Could you repeat the records below exactly as written?

Stored data entries:
Start of Block
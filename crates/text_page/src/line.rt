// The line of an instruction and the heading of a page, laid into a buffer.
ghost use Rattle.std.specs.Prelude.{◌≡◌, ◌∷◌, [], ◌++◌, ℕ, ◌+◌, ◌≤◌, ◌<◌, ◌^◌, length, drop};
ghost use Rattle.sheet_format.specs.Put.{Puts};
ghost use Rattle.sheet_format.specs.Read.{instr_by};
ghost use Rattle.text_put.specs.Decimal.{decimal};
ghost use Rattle.text_put.specs.Words.{newline};
ghost use Rattle.text_listing.specs.Line.{instr_name};
ghost use Rattle.text_page.specs.declared.column.Side.TheVariants.{Left, Right};
ghost use Rattle.text_page.specs.Columns.{column, in_column, in_columns, InLine};
ghost use Rattle.text_page.specs.Lines.{columns, field_texts, instruction_line};
ghost use Rattle.text_page.specs.Pages.{heading_line};
ghost use Rattle.text_page.specs.Given.{headed};

use crate::column::{Column, Side, put_in, put_number};
use sheet_format::code::Code;
use sheet_rows::read::Row;
use text_listing::line::put_name;
use text_put::put::{put, put_text};

// The columns of an instruction's line.
const LANE: Column = Column {
    first: 1,
    width: 1,
    side: Side::Right,
};

const POSITION: Column = Column {
    first: 3,
    width: 3,
    side: Side::Right,
};

const NAME: Column = Column {
    first: 7,
    width: 6,
    side: Side::Left,
};

const REGISTER: Column = Column {
    first: 14,
    width: 1,
    side: Side::Right,
};

const OPERAND: Column = Column {
    first: 16,
    width: 2,
    side: Side::Right,
};

const CONSTANT: Column = Column {
    first: 19,
    width: 10,
    side: Side::Right,
};

const RECORD: Column = Column {
    first: 30,
    width: 3,
    side: Side::Right,
};

// The columns of a heading.
const WORD: Column = Column {
    first: 1,
    width: 4,
    side: Side::Left,
};

const NUMBER: Column = Column {
    first: 30,
    width: 3,
    side: Side::Right,
};

// How many lines a page has behind its heading.
const LINES: usize = 55;

// A line and its newline.
fn put_line(out: &mut [u8], at: usize, line: &[u8]) -> usize
    requires { (length line.now ≤ 32) × (at + 33 ≤ 2 ^ 62) }
    ensures { Puts out.old at (line.now ++ newline ∷ []) out.new result }
{
    let end = put_text(out, at, line);
    put(out, end, b'\n')
}

// The name of the instruction with this code, in its column.
fn name_in(line: &mut [u8], code: u32)
    ensures { (a b c : ℕ)
        → line.new ≡ in_column line.old (column 7 6 Left) (instr_name (instr_by code a b c)) }
{
    let mut name = [0u8; 6];
    let size = put_name(&mut name, 0, code);
    put_in(line, NAME, &name[..size]);
}

// A number in its column, and the record.
fn number_in(line: &mut [u8], place: Column, n: u32, rec: u32)
    requires { InLine place }
    ensures { line.new ≡ in_columns line.old
        (place ∷ column 30 3 Right ∷ []) (decimal n ∷ decimal rec ∷ []) }
{
    put_number(line, place, n);
    put_number(line, RECORD, rec);
}

// Register a, another number in its own column, and the record.
fn pair_in(line: &mut [u8], a: u32, second: Column, n: u32, rec: u32)
    requires { InLine second }
    ensures { line.new ≡ in_columns line.old
        (column 14 1 Right ∷ second ∷ column 30 3 Right ∷ []) (decimal a ∷ decimal n ∷ decimal rec ∷ []) }
{
    put_number(line, REGISTER, a);
    number_in(line, second, n, rec);
}

// The fields of an instruction behind its name, and the record that it comes from; a barrier has none.
fn fields_in(line: &mut [u8], code: u32, a: u32, b: u32, word: u32, rec: u32)
    ensures { line.new ≡ in_columns line.old (drop 3 columns)
        (field_texts (instr_by code a b word) rec) }
{
    match Code::from(code) {
        Code::Set | Code::Skip => pair_in(line, a, CONSTANT, word, rec),
        Code::Add | Code::Load | Code::Store => pair_in(line, a, OPERAND, b, rec),
        Code::Lock | Code::Unlock => number_in(line, OPERAND, b, rec),
        Code::LL | Code::LS | Code::SS | Code::SL => {}
    }
}

// The line of an instruction of a lane at a position, which comes from a record if it is an operation.
fn put_instruction(out: &mut [u8], at: usize, lane: u32, position: u32, row: Row, rec: u32) -> usize
    requires { at + 33 ≤ 2 ^ 62 }
    ensures { Puts out.old at
        (instruction_line lane position (instr_by row.code row.a row.b row.word) rec) out.new result }
{
    let mut line = [b' '; 32];
    put_number(&mut line, LANE, lane);
    put_number(&mut line, POSITION, position);
    let code = u32::from(row.code);
    let a = u32::from(row.a);
    let b = u32::from(row.b);
    name_in(&mut line, code);
    fields_in(&mut line, code, a, b, row.word, rec);
    put_line(out, at, &line)
}

// The heading of page n.
pub(crate) fn put_heading(out: &mut [u8], at: usize, n: u32) -> usize
    requires { at + 33 ≤ 2 ^ 62 }
    ensures { Puts out.old at (heading_line n) out.new result }
{
    let mut line = [b' '; 32];
    put_in(&mut line, WORD, b"page");
    put_number(&mut line, NUMBER, n);
    put_line(out, at, &line)
}

// Line i, from 0, behind the heading of the page that it begins.
pub(crate) fn put_row(
    out: &mut [u8],
    at: usize,
    i: usize,
    lane: u32,
    position: u32,
    row: Row,
    rec: u32,
) -> usize
    requires { (at + 66 ≤ 2 ^ 62) × (i < 512) }
    ensures { Puts out.old at
        (headed i (instruction_line lane position (instr_by row.code row.a row.b row.word) rec))
        out.new result }
{
    if i % LINES == 0 {
        let from = put_heading(out, at, (i / LINES + 1) as u32);
        return put_instruction(out, from, lane, position, row, rec);
    }
    put_instruction(out, at, lane, position, row, rec)
}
End of Block
### [Problem solution]
filename crates/text_page/src/line.rt
// The line of an instruction and the heading of a page, laid into a buffer.
ghost use Rattle.std.specs.Prelude.{◌≡◌, ◌∷◌, [], ◌++◌, ℕ, ◌+◌, ◌≤◌, ◌<◌, ◌^◌, length, drop};
ghost use Rattle.sheet_format.specs.Put.{Puts};
ghost use Rattle.sheet_format.specs.Read.{instr_by};
ghost use Rattle.text_put.specs.Decimal.{decimal};
ghost use Rattle.text_put.specs.Words.{newline};
ghost use Rattle.text_listing.specs.Line.{instr_name};
ghost use Rattle.text_page.specs.declared.column.Side.TheVariants.{Left, Right};
ghost use Rattle.text_page.specs.Columns.{column, in_column, in_columns, InLine};
ghost use Rattle.text_page.specs.Lines.{columns, field_texts, instruction_line};
ghost use Rattle.text_page.specs.Pages.{heading_line};
ghost use Rattle.text_page.specs.Given.{headed};

use crate::column::{Column, Side, put_in, put_number};
use sheet_format::code::Code;
use sheet_rows::read::Row;
use text_listing::line::put_name;
use text_put::put::{put, put_text};

// The columns of an instruction's line.
const LANE: Column = Column {
    first: 1,
    width: 1,
    side: Side::Right,
};

const POSITION: Column = Column {
    first: 3,
    width: 3,
    side: Side::Right,
};

const NAME: Column = Column {
    first: 7,
    width: 6,
    side: Side::Left,
};

const REGISTER: Column = Column {
    first: 14,
    width: 1,
    side: Side::Right,
};

const OPERAND: Column = Column {
    first: 16,
    width: 2,
    side: Side::Right,
};

const CONSTANT: Column = Column {
    first: 19,
    width: 10,
    side: Side::Right,
};

const RECORD: Column = Column {
    first: 30,
    width: 3,
    side: Side::Right,
};

// The columns of a heading.
const WORD: Column = Column {
    first: 1,
    width: 4,
    side: Side::Left,
};

const NUMBER: Column = Column {
    first: 30,
    width: 3,
    side: Side::Right,
};

// How many lines a page has behind its heading.
const LINES: usize = 55;

// A line and its newline.
fn put_line(out: &mut [u8], at: usize, line: &[u8]) -> usize
    requires { (length line.now ≤ 32) × (at + 33 ≤ 2 ^ 62) }
    ensures { Puts out.old at (line.now ++ newline ∷ []) out.new result }
{
    let end = put_text(out, at, line);
    put(out, end, b'\n')
}

// The name of the instruction with this code, in its column.
fn name_in(line: &mut [u8], code: u32)
    ensures { (a b c : ℕ)
        → line.new ≡ in_column line.old (column 7 6 Left) (instr_name (instr_by code a b c)) }
{
    let mut name = [0u8; 6];
    let size = put_name(&mut name, 0, code);
    put_in(line, NAME, &name[..size]);
}

// A number in its column, and the record.
fn number_in(line: &mut [u8], place: Column, n: u32, rec: u32)
    requires { InLine place }
    ensures { line.new ≡ in_columns line.old
        (place ∷ column 30 3 Right ∷ []) (decimal n ∷ decimal rec ∷ []) }
{
    put_number(line, place, n);
    put_number(line, RECORD, rec);
}

// Register a, another number in its own column, and the record.
fn pair_in(line: &mut [u8], a: u32, second: Column, n: u32, rec: u32)
    requires { InLine second }
    ensures { line.new ≡ in_columns line.old
        (column 14 1 Right ∷ second ∷ column 30 3 Right ∷ []) (decimal a ∷ decimal n ∷ decimal rec ∷ []) }
{
    put_number(line, REGISTER, a);
    number_in(line, second, n, rec);
}

// The fields of an instruction behind its name, and the record that it comes from; a barrier has none.
fn fields_in(line: &mut [u8], code: u32, a: u32, b: u32, word: u32, rec: u32)
    ensures { line.new ≡ in_columns line.old (drop 3 columns)
        (field_texts (instr_by code a b word) rec) }
{
    match Code::from(code) {
        Code::Set | Code::Skip => pair_in(line, a, CONSTANT, word, rec),
        Code::Add | Code::Load | Code::Store => pair_in(line, a, OPERAND, b, rec),
        Code::Lock | Code::Unlock => number_in(line, OPERAND, b, rec),
        Code::LL | Code::LS | Code::SS | Code::SL => {}
    }
}

// The line of an instruction of a lane at a position, which comes from a record if it is an operation.
fn put_instruction(out: &mut [u8], at: usize, lane: u32, position: u32, row: Row, rec: u32) -> usize
    requires { at + 33 ≤ 2 ^ 62 }
    ensures { Puts out.old at
        (instruction_line lane position (instr_by row.code row.a row.b row.word) rec) out.new result }
{
    let mut line = [b' '; 32];
    put_number(&mut line, LANE, lane);
    put_number(&mut line, POSITION, position);
    let code = u32::from(row.code);
    let a = u32::from(row.a);
    let b = u32::from(row.b);
    name_in(&mut line, code);
    fields_in(&mut line, code, a, b, row.word, rec);
    put_line(out, at, &line)
}

// The heading of page n.
pub(crate) fn put_heading(out: &mut [u8], at: usize, n: u32) -> usize
    requires { at + 33 ≤ 2 ^ 62 }
    ensures { Puts out.old at (heading_line n) out.new result }
{
    let mut line = [b' '; 32];
    put_in(&mut line, WORD, b"page");
    put_number(&mut line, NUMBER, n);
    put_line(out, at, &line)
}

// Line i, from 0, behind the heading of the page that it begins.
pub(crate) fn put_row(
    out: &mut [u8],
    at: usize,
    i: usize,
    lane: u32,
    position: u32,
    row: Row,
    rec: u32,
) -> usize
    requires { (at + 66 ≤ 2 ^ 62) × (i < 512) }
    ensures { Puts out.old at
        (headed i (instruction_line lane position (instr_by row.code row.a row.b row.word) rec))
        out.new result }
{
    if i % LINES == 0 {
        let from = put_heading(out, at, (i / LINES + 1) as u32);
        return put_instruction(out, from, lane, position, row, rec);
    }
    put_instruction(out, at, lane, position, row, rec)
}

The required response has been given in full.